YOUR GOAL: State the number of lines in the following data that include the word "ghost", with no other text.

*** Block opens ***

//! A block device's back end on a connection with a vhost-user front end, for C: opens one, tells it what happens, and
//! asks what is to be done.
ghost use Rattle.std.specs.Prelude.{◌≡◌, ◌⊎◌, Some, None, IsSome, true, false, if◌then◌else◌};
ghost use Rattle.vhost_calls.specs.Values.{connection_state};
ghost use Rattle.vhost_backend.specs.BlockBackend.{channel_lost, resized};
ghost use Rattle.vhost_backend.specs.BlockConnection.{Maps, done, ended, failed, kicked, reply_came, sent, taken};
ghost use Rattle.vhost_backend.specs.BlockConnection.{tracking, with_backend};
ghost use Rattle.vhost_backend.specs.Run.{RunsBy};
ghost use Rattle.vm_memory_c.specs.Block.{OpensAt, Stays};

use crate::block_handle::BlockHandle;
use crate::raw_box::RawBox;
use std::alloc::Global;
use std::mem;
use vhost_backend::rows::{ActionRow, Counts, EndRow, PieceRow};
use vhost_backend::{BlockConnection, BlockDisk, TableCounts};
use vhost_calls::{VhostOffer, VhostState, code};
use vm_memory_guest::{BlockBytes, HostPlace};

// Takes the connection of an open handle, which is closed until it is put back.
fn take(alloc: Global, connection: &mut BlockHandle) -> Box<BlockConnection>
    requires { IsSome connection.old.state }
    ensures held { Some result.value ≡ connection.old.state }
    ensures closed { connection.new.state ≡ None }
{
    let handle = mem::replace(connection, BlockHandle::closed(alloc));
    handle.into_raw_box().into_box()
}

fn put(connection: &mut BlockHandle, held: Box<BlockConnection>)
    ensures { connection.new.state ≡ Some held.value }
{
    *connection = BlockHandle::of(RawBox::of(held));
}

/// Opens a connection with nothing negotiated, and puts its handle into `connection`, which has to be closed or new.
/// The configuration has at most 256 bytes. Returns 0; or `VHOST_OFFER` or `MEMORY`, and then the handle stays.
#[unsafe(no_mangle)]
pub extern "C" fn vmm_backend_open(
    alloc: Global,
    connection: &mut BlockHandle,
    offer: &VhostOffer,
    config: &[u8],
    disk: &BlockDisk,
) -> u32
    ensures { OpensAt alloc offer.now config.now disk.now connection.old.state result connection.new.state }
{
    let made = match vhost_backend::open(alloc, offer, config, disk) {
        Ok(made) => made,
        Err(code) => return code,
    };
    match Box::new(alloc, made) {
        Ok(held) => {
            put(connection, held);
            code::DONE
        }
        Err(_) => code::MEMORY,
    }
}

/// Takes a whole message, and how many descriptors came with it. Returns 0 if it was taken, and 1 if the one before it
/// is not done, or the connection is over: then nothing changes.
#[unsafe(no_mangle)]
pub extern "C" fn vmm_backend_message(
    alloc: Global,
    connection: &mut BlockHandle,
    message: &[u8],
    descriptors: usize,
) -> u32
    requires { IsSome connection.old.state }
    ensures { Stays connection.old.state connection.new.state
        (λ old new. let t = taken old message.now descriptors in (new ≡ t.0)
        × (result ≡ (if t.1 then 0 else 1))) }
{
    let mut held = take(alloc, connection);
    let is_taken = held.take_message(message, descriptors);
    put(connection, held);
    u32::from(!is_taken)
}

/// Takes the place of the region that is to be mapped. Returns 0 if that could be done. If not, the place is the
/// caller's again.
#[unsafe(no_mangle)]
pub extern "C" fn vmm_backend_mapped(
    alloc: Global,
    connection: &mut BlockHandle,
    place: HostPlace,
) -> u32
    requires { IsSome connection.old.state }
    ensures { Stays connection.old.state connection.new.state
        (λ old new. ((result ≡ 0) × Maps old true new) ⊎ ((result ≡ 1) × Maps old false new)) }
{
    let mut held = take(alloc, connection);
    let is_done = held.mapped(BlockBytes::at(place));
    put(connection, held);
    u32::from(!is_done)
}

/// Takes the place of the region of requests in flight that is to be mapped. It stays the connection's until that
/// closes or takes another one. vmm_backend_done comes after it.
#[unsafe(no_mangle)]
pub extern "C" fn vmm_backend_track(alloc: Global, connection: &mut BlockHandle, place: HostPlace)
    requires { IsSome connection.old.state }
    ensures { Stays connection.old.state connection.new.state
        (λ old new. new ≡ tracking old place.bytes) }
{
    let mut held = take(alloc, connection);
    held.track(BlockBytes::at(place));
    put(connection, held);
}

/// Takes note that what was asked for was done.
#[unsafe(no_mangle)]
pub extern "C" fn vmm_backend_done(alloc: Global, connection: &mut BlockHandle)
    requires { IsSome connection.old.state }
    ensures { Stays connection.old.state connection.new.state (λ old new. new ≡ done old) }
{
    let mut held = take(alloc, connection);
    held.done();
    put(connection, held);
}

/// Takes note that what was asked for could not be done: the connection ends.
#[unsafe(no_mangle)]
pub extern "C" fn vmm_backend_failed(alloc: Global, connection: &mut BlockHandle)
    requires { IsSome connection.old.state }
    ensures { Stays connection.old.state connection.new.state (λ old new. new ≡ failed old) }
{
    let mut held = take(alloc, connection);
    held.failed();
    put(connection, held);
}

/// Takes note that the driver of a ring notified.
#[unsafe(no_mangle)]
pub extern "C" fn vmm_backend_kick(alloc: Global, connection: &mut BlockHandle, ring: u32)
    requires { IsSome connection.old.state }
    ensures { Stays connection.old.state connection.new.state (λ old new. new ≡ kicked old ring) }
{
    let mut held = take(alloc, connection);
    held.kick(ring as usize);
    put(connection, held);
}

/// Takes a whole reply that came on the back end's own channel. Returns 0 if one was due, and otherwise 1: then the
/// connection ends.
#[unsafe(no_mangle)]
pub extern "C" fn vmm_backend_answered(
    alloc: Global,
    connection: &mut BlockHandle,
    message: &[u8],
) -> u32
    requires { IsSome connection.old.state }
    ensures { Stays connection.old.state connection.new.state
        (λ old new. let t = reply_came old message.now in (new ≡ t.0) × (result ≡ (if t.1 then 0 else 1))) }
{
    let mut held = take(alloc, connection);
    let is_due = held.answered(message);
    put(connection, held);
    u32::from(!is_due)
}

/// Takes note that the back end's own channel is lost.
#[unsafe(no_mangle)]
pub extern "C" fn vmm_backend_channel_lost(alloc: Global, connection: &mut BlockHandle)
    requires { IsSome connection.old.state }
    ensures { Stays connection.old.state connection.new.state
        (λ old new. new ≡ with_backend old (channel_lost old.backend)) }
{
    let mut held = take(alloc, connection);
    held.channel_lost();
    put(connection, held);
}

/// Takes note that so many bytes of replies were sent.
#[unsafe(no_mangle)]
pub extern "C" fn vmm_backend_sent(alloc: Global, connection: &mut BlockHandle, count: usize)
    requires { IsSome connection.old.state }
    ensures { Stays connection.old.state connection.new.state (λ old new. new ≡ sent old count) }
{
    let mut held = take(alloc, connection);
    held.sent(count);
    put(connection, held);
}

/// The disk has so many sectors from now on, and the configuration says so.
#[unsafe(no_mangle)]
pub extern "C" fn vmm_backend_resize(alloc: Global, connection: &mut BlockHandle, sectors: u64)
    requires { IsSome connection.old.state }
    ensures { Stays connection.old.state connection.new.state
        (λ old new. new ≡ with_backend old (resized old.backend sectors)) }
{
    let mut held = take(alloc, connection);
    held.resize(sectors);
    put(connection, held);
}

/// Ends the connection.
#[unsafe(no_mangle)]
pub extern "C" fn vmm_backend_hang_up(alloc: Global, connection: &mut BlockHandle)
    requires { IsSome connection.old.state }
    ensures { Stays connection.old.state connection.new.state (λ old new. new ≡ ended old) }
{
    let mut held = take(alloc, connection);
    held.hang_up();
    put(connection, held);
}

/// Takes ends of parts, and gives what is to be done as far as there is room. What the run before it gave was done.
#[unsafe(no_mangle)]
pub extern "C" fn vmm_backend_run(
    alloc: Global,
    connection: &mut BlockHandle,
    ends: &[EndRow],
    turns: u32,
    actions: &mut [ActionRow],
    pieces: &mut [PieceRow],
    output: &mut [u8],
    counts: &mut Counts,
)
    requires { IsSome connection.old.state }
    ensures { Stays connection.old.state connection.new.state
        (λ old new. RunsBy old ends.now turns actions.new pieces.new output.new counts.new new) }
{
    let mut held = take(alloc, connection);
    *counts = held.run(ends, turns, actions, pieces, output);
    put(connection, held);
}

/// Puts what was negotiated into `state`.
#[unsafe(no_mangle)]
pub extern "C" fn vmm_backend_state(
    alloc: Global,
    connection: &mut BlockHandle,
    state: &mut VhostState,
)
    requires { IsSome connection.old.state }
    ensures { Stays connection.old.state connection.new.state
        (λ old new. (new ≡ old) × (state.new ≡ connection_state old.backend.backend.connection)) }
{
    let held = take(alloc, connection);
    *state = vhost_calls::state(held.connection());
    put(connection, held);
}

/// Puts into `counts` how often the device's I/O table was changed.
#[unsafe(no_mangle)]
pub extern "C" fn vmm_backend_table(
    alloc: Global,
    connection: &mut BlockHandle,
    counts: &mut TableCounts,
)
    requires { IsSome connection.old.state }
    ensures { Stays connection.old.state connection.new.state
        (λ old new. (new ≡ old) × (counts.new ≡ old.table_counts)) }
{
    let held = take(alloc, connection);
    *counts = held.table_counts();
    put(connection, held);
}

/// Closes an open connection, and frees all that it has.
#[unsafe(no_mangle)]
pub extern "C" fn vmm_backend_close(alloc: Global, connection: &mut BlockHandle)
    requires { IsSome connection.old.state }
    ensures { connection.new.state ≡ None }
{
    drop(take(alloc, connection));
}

*** Block closes ***

RESULT FOR THIS EXERCISE: 7